**Description of research**

The research activities of the Guelph Gravitation Group have recently
been divided into two broad streams. The first stream is concerned
with the physics of black holes and neutron stars in tidal
environments. The second is concerned with the gravitational
self-force.
**Compact bodies in tidal environments.** What happens to a black
hole or a neutron star when it is not isolated, but placed in the
presence of other bodies which exert tidal forces on it? To answer
this question requires a description of the tidal environment, a
computation of the gravitational perturbation created by the external
bodies, and the extraction of physical, measurable consequences. Among
the most exciting of those is the effect of the tidal coupling on the
phasing of gravitational waves; a measurement of this effect will
allow a black hole or a neutron star to be observationally
distinguished from other types of compact bodies.

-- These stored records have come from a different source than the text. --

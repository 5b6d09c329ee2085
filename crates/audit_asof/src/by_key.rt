//! The order of a table's live rows by key, which is made once and then searched.

ghost use Rattle.std.specs.Prelude.{◌≡◌, ◌≤◌, IfOk, OnOk, None, Some, filter_map, length, map, slice_get};
ghost use Rattle.std.specs.List.{prefix_len};
ghost use Rattle.std.specs.Option.{option_copied};
ghost use Rattle.spec_model.specs.Lists.{sorted};
ghost use Rattle.spec_model.specs.Keys.{live_by_key_at};
ghost use Rattle.audit_asof.specs.KeyOrder as spec;
ghost use Rattle.audit_asof.specs.KeyOrder.{ArePlacesOf};

use base_types::Memory;
use sql_parts::{compare_at, compare_to_key};
use sql_types::Version;
use sql_value::Value;
use std::alloc::Global;

/// The places of the live rows among the versions, by the key whose columns stand at these places. Takes the time of
/// sorting them.
#[tactic(auto, unfolding(crate::specs::KeyOrder::key_order))]
pub(crate) fn key_order(
    alloc: Global,
    key: &[usize],
    versions: &[Version],
) -> Result<Vec<usize>, Memory>
    ensures { IfOk result (λ order. order.items ≡ spec.key_order key.now versions.now) }
{
    let mut placed = live_placed(alloc, versions)?;
    sort_by_key(key, &mut placed)?;
    places_of(alloc, &placed)
}

fn live_placed(alloc: Global, versions: &[Version]) -> Result<Vec<(usize, &Version)>, Memory>
    ensures { IfOk result (λ placed. map (λ p. (p.0, p.1.now)) placed.items ≡ spec.live_placed versions.now) }
{
    let mut placed = Vec::new(alloc);
    for place in 0..versions.len() {
        let version = &versions[place];
        if version.end.is_none() {
            placed.push((place, version))?;
        }
    }
    Ok(placed)
}

fn sort_by_key(key: &[usize], placed: &mut Vec<(usize, &Version)>) -> Result<(), Memory>
    ensures { OnOk result (map (λ p. (p.0, p.1.now)) placed.new.items
        ≡ sorted (spec.placed_cmp key.now) (map (λ p. (p.0, p.1.now)) placed.old.items)) }
{
    placed.sort_by(|a, b| compare_at(key, a.1, b.1))?;
    Ok(())
}

fn places_of(alloc: Global, placed: &[(usize, &Version)]) -> Result<Vec<usize>, Memory>
    ensures { IfOk result (λ places. places.items ≡ map spec.place_in (map (λ p. (p.0, p.1.now)) placed.now)) }
{
    let mut places = Vec::with_capacity(alloc, placed.len())?;
    for one in placed {
        places.push(one.0)?;
    }
    Ok(places)
}

/// The places of the live rows of a key. The order is that of these versions. Takes two ordered searches.
pub(crate) fn places_of_key<'a>(
    key: &[usize],
    versions: &[Version],
    order: &'a [usize],
    wanted: &[Value],
) -> &'a [usize]
    requires { order.now ≡ spec.key_order key.now versions.now }
    ensures { ArePlacesOf versions.now result.now (live_by_key_at key.now (Some wanted.now) versions.now) }
{
    let first = count_below(key, versions, order, wanted);
    let behind = count_up_to(key, versions, order, wanted);
    &order[first..behind]
}

/// How many of the rows in this order come before the key.
fn count_below(key: &[usize], versions: &[Version], order: &[usize], wanted: &[Value]) -> usize
    requires { order.now ≡ spec.key_order key.now versions.now }
    ensures count { result ≡ prefix_len (spec.is_below key.now wanted.now)
        (live_by_key_at key.now None versions.now) }
    ensures bound { result ≤ length order.now }
{
    order.partition_point(|place| is_below(key, versions, *place, wanted))
}

/// How many of them don't come behind it.
fn count_up_to(key: &[usize], versions: &[Version], order: &[usize], wanted: &[Value]) -> usize
    requires { order.now ≡ spec.key_order key.now versions.now }
    ensures count { result ≡ prefix_len (spec.is_up_to key.now wanted.now)
        (live_by_key_at key.now None versions.now) }
    ensures bound { result ≤ length order.now }
{
    order.partition_point(|place| is_up_to(key, versions, *place, wanted))
}

fn is_below(key: &[usize], versions: &[Version], place: usize, wanted: &[Value]) -> bool
    ensures { result ≡ spec.passes (spec.is_below key.now wanted.now) (slice_get versions.now place) }
{
    match version_at(versions, place) {
        Some(version) => compare_to_key(key, version, wanted).is_lt(),
        None => false,
    }
}

fn is_up_to(key: &[usize], versions: &[Version], place: usize, wanted: &[Value]) -> bool
    ensures { result ≡ spec.passes (spec.is_up_to key.now wanted.now) (slice_get versions.now place) }
{
    match version_at(versions, place) {
        Some(version) => compare_to_key(key, version, wanted).is_le(),
        None => false,
    }
}

fn version_at(versions: &[Version], place: usize) -> Option<&Version>
    ensures { option_copied result ≡ slice_get versions.now place }
{
    versions.get(place)
}

/// The versions at these places.
pub(crate) fn versions_at<'a>(
    alloc: Global,
    versions: &'a [Version],
    places: &[usize],
) -> Result<Vec<&'a Version>, Memory>
    ensures { IfOk result (λ found. map (λ v. v.now) found.items
        ≡ filter_map (slice_get versions.now) places.now) }
{
    let mut found = Vec::with_capacity(alloc, places.len())?;
    for place in places {
        if let Some(version) = version_at(versions, *place) {
            found.push(version)?;
        }
    }
    Ok(found)
}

**Gravitational self-force.** The term "gravitational self-force"
refers to the motion of a small-mass body around a much larger body,
in a treatment that goes beyond the test-mass description. In this
treatment, the small mass creates a (small but significant)
perturbation in the gravitational field of the large body. The
perturbation affects the motion of the small body --- the motion is no
longer geodesic, but accelerated, and the body is said to move in
response to its own gravitational self-force. The perturbation also
propagates outward in the form of gravitational waves. What is the
nature of the self-forced motion, and what information concerning the
strong-field dynamics can be extracted from the gravitational waves?
These are the questions that my research group and I have been exploring.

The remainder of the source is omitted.